How to play your best in big events
√ EXPECT TO BE NERVOUS
You'll be nervous, so embrace it. My first hole at my first U.S. Open was Congressional's 218-yard par 3 (No. 10) over water. There couldn't be a tougher starting hole.
I remember shaking a little, but I just went through my normal pre-shot routine and pulled the trigger.
I hit it to four feet, made birdie, and the next day I felt calm and wasn't really awed by anything. The more tournament rounds you play, everything improves: your distance control, focus and comfort level.
√ TREAT IT LIKE A NORMAL ROUND
My best advice is from 11-time PGA Tour winner and periodic practice partner, John Cook. He told me golf is just golf, no matter if it's a college event, a junior tournament or a round with your buddies--or the U.S. Open. It's all the same. You're just trying to get the ball in the hole with the fewest number of strokes possible. So treat as many aspects of the round as you can like you normally would.

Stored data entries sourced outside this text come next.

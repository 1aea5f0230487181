//! The floor of a diffusion: opened, used by seats step by step, and closed.
ghost use Rattle.std.specs.Prelude.{◌≡◌, ◌≢◌, ⊤, ℕ, true, ◌<◌, map, IfOk, IfErr, IfSome, IsTrue, None, Some};
ghost use Rattle.shard_part.specs.Readings.{has_ended};
ghost use Rattle.shard_part.specs.Weights.{All};
ghost use Rattle.post_floor.specs.Boxes.{box_count};
ghost use Rattle.post_floor.specs.Closing.{AllSeated, IsClosed};
ghost use Rattle.post_floor.specs.Data.{IsAt, IsFresh, IsSameSeat, fill_box, read_box, seat_of};
ghost use Rattle.post_floor.specs.Floor.{fill_claims, read_claims};
ghost use Rattle.post_floor.specs.Hints.{IsAdvertised, IsLimit};
ghost use Rattle.post_floor.specs.Plays.{FillOutcome, PublishOutcome, ReadOutcome, ClearOutcome, LookOutcome, published_to};

use crate::claims::rotate_to;
use crate::close::{Closed, all_seated, free, join_all, pass_of};
use crate::exchange::{publish_batch, read_batch};
use crate::hints::{Advertised, Hints, Limit, limit_by};
use crate::mailbox::{DONE, EMPTY, mailbox_count, next_slot, word_of};
use crate::open::{batches, seat_all};
use crate::seat::Seat;
use crate::steps::{announce_word, clear_word, fill_word, look_word};
use crate::table::FloorRule;
use crate::view::View;
use atomic_table::Table;
use path_algebra::PathAlgebra;
use road_graph::{Memory, Vertex};
use shard_part::laws::part_holds;
use shard_part::{Batch, Part, Plan, Setup, Shard};
use std::alloc::Global;
use std::marker::{Brand, Model};

/// The mailboxes between the parts of a diffusion: four words and four slots for each ordered pair
/// of shards, and one done word. A word says whether its slot is empty, being filled, full or being
/// read.
#[derive(Drop)]
pub struct Floor<A: PathAlgebra> {
    pub(crate) table: Table<Option<Batch<A::Value>>, View<A>, Setup<A>, FloorRule<A>, Global>,
    pub(crate) shards: usize,
    pub(crate) hints: Hints,
}

impl<A: PathAlgebra> Model for Floor<A> {
    ghost use Rattle.std.specs.Prelude.{◌≡◌, ◌≤◌};
    ghost use Rattle.post_floor.specs.Data.{FloorData, IsTableSized};

    ghost Value = { FloorData A };

    ghost view = { λ f. record { id = f.table.shared.table_id; setup = f.table.shared.key; ahead = f.hints.ahead } };

    ghost invariant = { λ f. IsTableSized f.table.shared.table_id f.table.shared.key × (f.table.shared.key.plan.shards ≡ f.shards) × (f.shards ≤ 64) };
}

impl<A: PathAlgebra> Floor<A> {
    /// A floor with empty mailboxes, and a seat for each part, in order. The parts are those of all
    /// shards of the plan, as they were opened for one diffusion from the source. Each mailbox has
    /// room for an item on each arc between its two shards: no later call takes memory.
    pub fn open(
        alloc: Global,
        plan: &Plan,
        _source: Vertex,
        parts: &[Part<'_, A>],
    ) -> Result<(Floor<A>, Vec<Seat<A>>), Memory>
        requires fresh { IsFresh A.meaning plan.now _source parts.now }
        ensures floor { IfOk result (λ r. (r.0.setup.plan ≡ plan.now) ×
            All (λ p. p.setup ≡ r.0.setup) parts.now) }
        ensures seats { IfOk result
            (λ r. r.1.items ≡ map (seat_of r.0.id plan.now.shards) parts.now) }
        ensures unheld { IfOk result (λ r. r.0.ahead ≡ None) }
    {
        let shards = plan.shards() as usize;
        let first = &parts[0];
        part_holds(first);
        let words = Vec::from_elem(alloc, 0u64, mailbox_count(shards) + 1)?;
        let slots = batches(alloc, first, parts, shards)?;
        let setup = first.setup();
        let Ok((table, pass)) = Table::new(alloc, words.as_slice(), slots, &setup) else {
            return Err(Memory);
        };
        let seats = seat_all(alloc, &table.shared, pass, shards)?;
        let hints = Hints::new(alloc, shards)?;
        Ok((
            Floor {
                table,
                shards,
                hints,
            },
            seats,
        ))
    }

    /// From now on a shard takes no message that is worse than the best value that another one
    /// advertises, or that waits for another one there, extended by an arc of this weight.
    /// Stations go by this best first alone: in order of arrival it has no effect.
    pub fn hold_back(&mut self, ahead: u32)
        ensures { self.new ≡ record self.old { ahead = Some ahead } }
    {
        self.hints.hold_back(ahead);
    }

    /// How far a part may run ahead now, if shards are held back and another one advertises a
    /// value. Of what they advertise nothing is promised.
    pub fn limit(&self, part: &Part<'_, A>) -> Option<Limit<A::Value>>
        ensures order { IfSome result (λ l. IsTrue (A.order l.best l.value)) }
        ensures limit { IfSome result (λ l. (ahead : ℕ) × (self.now.ahead ≡ Some ahead) ×
            IsLimit (A.meaning part.now.setup.diffusion.algebra) (λ _ _. ⊤) self.now.setup.plan.shards
            part.now.shard ahead (Some l)) }
    {
        let ahead = self.hints.ahead()?;
        limit_by(
            &self.hints,
            part.algebra(),
            part.shard(),
            self.shards as u8,
            ahead,
        )
    }

    /// By what weight a part may run ahead of what it has sent, if shards are held back.
    pub fn ahead(&self) -> Option<u32>
        ensures { result ≡ self.now.ahead }
    {
        self.hints.ahead()
    }

    /// Advertises the best value that waits at a part, if shards are held back, and says so.
    pub fn advertise(&self, part: &Part<'_, A>) -> Option<Advertised<A::Value>>
        ensures { IsAdvertised A.order self.now part.now result }
    {
        if self.hints.ahead().is_none() {
            return None;
        }
        let best = part.best_waiting();
        Some(self.hints.advertise(part.algebra(), part.shard(), best))
    }

    /// Whether the next mailbox to a shard is empty. If so, this seat is filling it now.
    pub fn try_fill(&self, seat: &mut Seat<A>, part: &Part<'_, A>, to: Shard) -> bool
        requires at { IsAt A.meaning self.now seat.old part.now }
        requires shard { to < self.now.setup.plan.shards }
        ensures seat { IsSameSeat seat.old seat.new }
        ensures at { IsAt A.meaning self.now seat.new part.now }
        ensures told { FillOutcome result part.now (fill_box self.now seat.old to) seat.old.knows
            seat.new.knows }
    {
        let shards = self.shards;
        let slot = seat.next_fill[to.0 as usize];
        let word = word_of(shards, seat.own, to, slot);
        if fill_word::<A, Brand>(&self.table.shared, &mut seat.pass, part, word) != EMPTY {
            return false;
        }
        seat.claims.push_front(word);
        true
    }

    /// Moves the outbox to a shard into the mailbox that is being filled for it, which is full
    /// then.
    pub fn publish(&self, seat: &mut Seat<A>, part: &mut Part<'_, A>, to: Shard)
        requires at { IsAt A.meaning self.now seat.old part.old }
        requires shard { (to ≢ seat.old.shard) × (to < self.now.setup.plan.shards) }
        // A `try_fill` to this shard was true, and no `publish` to it has come since.
        requires claim { 0 < fill_claims (fill_box self.now seat.old to) seat.old.knows }
        ensures seat { IsSameSeat seat.old seat.new }
        ensures at { IsAt A.meaning self.now seat.new part.new }
        ensures part { part.new ≡ published_to to part.old }
        ensures told { PublishOutcome to part.new (fill_box self.now seat.old to) seat.old.knows
            seat.new.knows }
    {
        let shards = self.shards;
        let at = to.0 as usize;
        let slot = seat.next_fill[at];
        let word = word_of(shards, seat.own, to, slot);
        rotate_to(&mut seat.pass, &mut seat.claims, word);
        let sent = self.best_to_send(part, to);
        publish_batch(&self.table.shared, &mut seat.pass, part, to, word);
        seat.claims.pop_front();
        seat.next_fill[at] = next_slot(slot);
        if let Some(sent) = sent {
            self.hints.lower(part.algebra(), to, sent);
        }
    }

    /// The best value in an outbox, if shards are held back.
    fn best_to_send(&self, part: &Part<'_, A>, to: Shard) -> Option<A::Value>
        requires { to < part.now.setup.plan.shards }
    {
        if self.hints.ahead().is_none() {
            return None;
        }
        part.best_outgoing(to)
    }

    /// Whether the next mailbox from a shard is full. If so, its batch goes into the queue, and the
    /// seat reads it.
    pub fn try_read(&self, seat: &mut Seat<A>, part: &mut Part<'_, A>, from: Shard) -> bool
        requires at { IsAt A.meaning self.now seat.old part.old }
        requires shard { (from ≢ seat.old.shard) × (from < self.now.setup.plan.shards) }
        ensures seat { IsSameSeat seat.old seat.new }
        ensures at { IsAt A.meaning self.now seat.new part.new }
        ensures told { ReadOutcome A.meaning result part.old part.new
            (read_box self.now seat.old from) seat.old.knows seat.new.knows }
    {
        let shards = self.shards;
        let slot = seat.next_read[from.0 as usize];
        let word = word_of(shards, from, seat.own, slot);
        if read_batch(&self.table.shared, &mut seat.pass, part, word) {
            seat.claims.push_front(word);
            true
        } else {
            false
        }
    }

    /// Makes the mailbox that was read from a shard empty again.
    pub fn clear(&self, seat: &mut Seat<A>, part: &Part<'_, A>, from: Shard)
        requires at { IsAt A.meaning self.now seat.old part.now }
        requires shard { from < self.now.setup.plan.shards }
        // A `try_read` from this shard was true, and no `clear` from it has come since.
        requires claim { 0 < read_claims (read_box self.now seat.old from) seat.old.knows }
        ensures seat { IsSameSeat seat.old seat.new }
        ensures at { IsAt A.meaning self.now seat.new part.now }
        ensures told { ClearOutcome from part.now (read_box self.now seat.old from) seat.old.knows
            seat.new.knows }
    {
        let shards = self.shards;
        let at = from.0 as usize;
        let slot = seat.next_read[at];
        let word = word_of(shards, from, seat.own, slot);
        rotate_to(&mut seat.pass, &mut seat.claims, word);
        clear_word::<A, Brand>(&self.table.shared, &mut seat.pass, part, word);
        seat.claims.pop_front();
        seat.next_read[at] = next_slot(slot);
    }

    /// Announces the end, which the part knows: its diffusion has ended.
    pub fn announce(&self, seat: &mut Seat<A>, part: &Part<'_, A>)
        requires at { IsAt A.meaning self.now seat.old part.now }
        requires ended { has_ended part.now ≡ true }
        ensures seat { IsSameSeat seat.old seat.new }
        ensures at { IsAt A.meaning self.now seat.new part.now }
        ensures told { LookOutcome A.meaning true part.now (box_count self.now.setup.plan.shards)
            seat.old.knows seat.new.knows }
    {
        let done = mailbox_count(self.shards);
        announce_word::<A, Brand>(&self.table.shared, &mut seat.pass, part, done);
    }

    /// Whether the end was announced. If so, the state that the floor represents has ended and is
    /// quiet, and the part holds its share of it.
    pub fn look(&self, seat: &mut Seat<A>, part: &Part<'_, A>) -> bool
        requires at { IsAt A.meaning self.now seat.old part.now }
        ensures seat { IsSameSeat seat.old seat.new }
        ensures at { IsAt A.meaning self.now seat.new part.now }
        ensures told { LookOutcome A.meaning result part.now (box_count self.now.setup.plan.shards)
            seat.old.knows seat.new.knows }
    {
        let done = mailbox_count(self.shards);
        look_word::<A, Brand>(&self.table.shared, &mut seat.pass, part, done) == DONE
    }

    /// Closes the floor with the seats of all its shards, whatever claims they have open. If a
    /// shard's seat is missing, floor and seats come back as they were.
    ///
    /// What the seats know together and what the mailboxes held at the end represent one state,
    /// which some events lead to from the opening. The seats' counts are what these events did, and
    /// the state has ended if that was announced or a seat has seen it.
    pub fn close(self, mut seats: Vec<Seat<A>>) -> Result<Closed<A>, (Floor<A>, Vec<Seat<A>>)>
        requires seats { All (λ d. d.floor ≡ self.id) seats.items }
        ensures closed { IfOk result (λ r. AllSeated self.setup.plan.shards seats.items ×
            IsClosed A.meaning self.setup seats.items r) }
        ensures refused { IfErr result (λ r. (AllSeated self.setup.plan.shards seats.items → ⊥) ×
            (r.0 ≡ self) × (r.1 ≡ seats)) }
    {
        let Floor {
            table,
            shards,
            hints,
        } = self;
        if !all_seated(&seats, shards) {
            let floor = Floor {
                table,
                shards,
                hints,
            };
            return Err((floor, seats));
        }
        let Some(last) = seats.pop() else {
            unreachable!()
        };
        let pass = join_all(&table.shared, pass_of(last), seats);
        let end = table.close_with(pass);
        let closed = Closed::of(&end);
        free(end);
        Ok(closed)
    }
}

√ PLOT YOUR COURSE BEFOREHAND
It's much easier playing from the fairway, especially in tournaments that have thick rough, tucked pins and fast greens. Before the round, I make sure I have specific lines off the tee so I know where I'm going to hit it. I want to make aggressive swings on somewhat-safe lines. The same goes for each approach shot, too, so I have spots to each hole location, and I know where to miss. That way I don't waste time, energy or strokes mid-round.
Cantlay, 20, was the low amateur at the 2011 U.S. Open and 2012 Masters. His 60 at the Travelers Championship was the lowest score on the PGA Tour last year.